A ceia e as tradições de Natal dos Tudor

Muitos dos alimentos que os Tudor comiam no Natal nós ainda comemos hoje, com algumas modificações, é claro. O Natal era uma época de festas e fartura, e todas as pessoas eram encorajadas a compartilhar sua fortuna com os pobres.

Quem festeja com os pobres uma
verdadeira recompensa deve encontrar
Ou ajude o velho, o coxo ou o cego

Thomas Tusser em seu livro ‘Five Hundred Points of Good Husbandry’ enumera uma série de pratos que boas donas de casa deveriam preparar para seus convidados no Natal. Entre eles, estão carne de carneiro, vitela, porco, souse (pé de porco e orelhas em conserva), queijo e maçãs. Todos esses itens eram associados a festas Tudors, não especificamente só no Natal.

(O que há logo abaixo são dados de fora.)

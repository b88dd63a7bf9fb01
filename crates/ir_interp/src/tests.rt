//! What no text reaches: shapes that do not fit, a target that is no block; and that a run succeeds. Rows of runs stand in the crate
//! `rows`.

use crate::run;
use ir_model::{Memory, Outcome, Value, Values};
use ir_types::{
    Block, Blocks, Bytes, Func, Id, Inst, Insts, Item, Items, Literal, Lits, Module, Names, Op,
    Opd, Opds, Params, Ty,
};
use std::alloc::{AllocError, Global};
use vx_num::{BinOp, Flags};

/// A literal whose lanes are all this number.
fn literal(alloc: Global, ty: Ty, lanes: u32, number: u64) -> Result<Opd, AllocError> {
    let mut all = Lits::new(alloc);
    for _ in 0..lanes {
        all.push(Some(number))?;
    }
    Ok(Opd::Lit(Literal { ty, lanes: all }))
}

/// An instruction on some operands.
fn inst(alloc: Global, k: u32, ty: Ty, op: Op, operands: Vec<Opd>) -> Result<Inst, AllocError> {
    let mut opds = Opds::new(alloc);
    for operand in operands {
        opds.push(operand)?;
    }
    Ok(Inst {
        id: Id { region: 0, k },
        name: None,
        ty,
        op,
        opds,
    })
}

/// What the function of one block of these instructions comes to.
fn outcome_of(alloc: Global, insts: Insts) -> Result<Outcome, AllocError> {
    let mut blocks = Blocks::new(alloc);
    blocks.push(Block { name: None, insts })?;
    let mut items = Items::new(alloc);
    items.push(Item::Func(Func {
        before: Bytes::new(alloc),
        ret: Ty::Int(8),
        name: Bytes::new(alloc),
        params: Params::new(alloc),
        after: Bytes::new(alloc),
        blocks,
    }))?;
    let module = Module {
        items,
        globals: Names::new(alloc),
        big_endian_line: None,
    };
    run(
        alloc,
        &module,
        0,
        &Values::new(alloc),
        Memory::new(alloc),
        9,
    )
}

#[test]
fn a_function_returns(rt: HostRuntime) -> Result<(), AllocError> {
    let alloc = rt.alloc();
    let mut insts = Insts::new(alloc);
    let seven = literal(alloc, Ty::Int(8), 1, 7)?;
    insts.push(inst(alloc, 0, Ty::Void, Op::Ret, vec![in alloc; seven]?)?)?;
    match outcome_of(alloc, insts)? {
        Outcome::Returned {
            value: Some(Value::Lane(lane)),
            memory,
        } => assert!(rt; lane == Some(7) && memory.is_empty()),
        _ => assert!(rt; false, "no return of a lane"),
    }
    Ok(())
}

#[test]
fn a_branch_to_no_block_is_undefined(rt: HostRuntime) -> Result<(), AllocError> {
    let alloc = rt.alloc();
    let mut insts = Insts::new(alloc);
    insts.push(inst(alloc, 0, Ty::Void, Op::Br { to: 7 }, Vec::new(alloc))?)?;
    assert!(rt; matches!(&outcome_of(alloc, insts)?, Outcome::Undefined));
    Ok(())
}

#[test]
fn vectors_of_two_lengths_are_undefined(rt: HostRuntime) -> Result<(), AllocError> {
    let alloc = rt.alloc();
    let flags = Flags {
        nuw: false,
        nsw: false,
        exact: false,
        disjoint: false,
    };
    let add = Op::Bin {
        op: BinOp::Add,
        flags,
    };
    let row = Ty::Row { n: 2, w: 8 };
    let (long, short) = (literal(alloc, row, 2, 1)?, literal(alloc, row, 1, 1)?);
    let mut insts = Insts::new(alloc);
    insts.push(inst(alloc, 0, row, add, vec![in alloc; long, short]?)?)?;
    insts.push(inst(alloc, 1, Ty::Void, Op::Ret, Vec::new(alloc))?)?;
    assert!(rt; matches!(&outcome_of(alloc, insts)?, Outcome::Undefined));
    Ok(())
}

Havia o costume de enfeitar as casas, tanto no exterior como no interior, com ramos de loureiro, azevinho e teixo; durante todo o período das festividades eram conservadas as decorações próprias do Natal. As pessoas do povo também iam cantar de porta em porta, na esperança de arranjarem algum dinheiro das esmolas ou receberem qualquer lembrança. As famílias católicas preparavam um bolo para os pobres e gastavam dinheiro em missas para obter o perdão dos pecados de gula que iam cometer durante as festas.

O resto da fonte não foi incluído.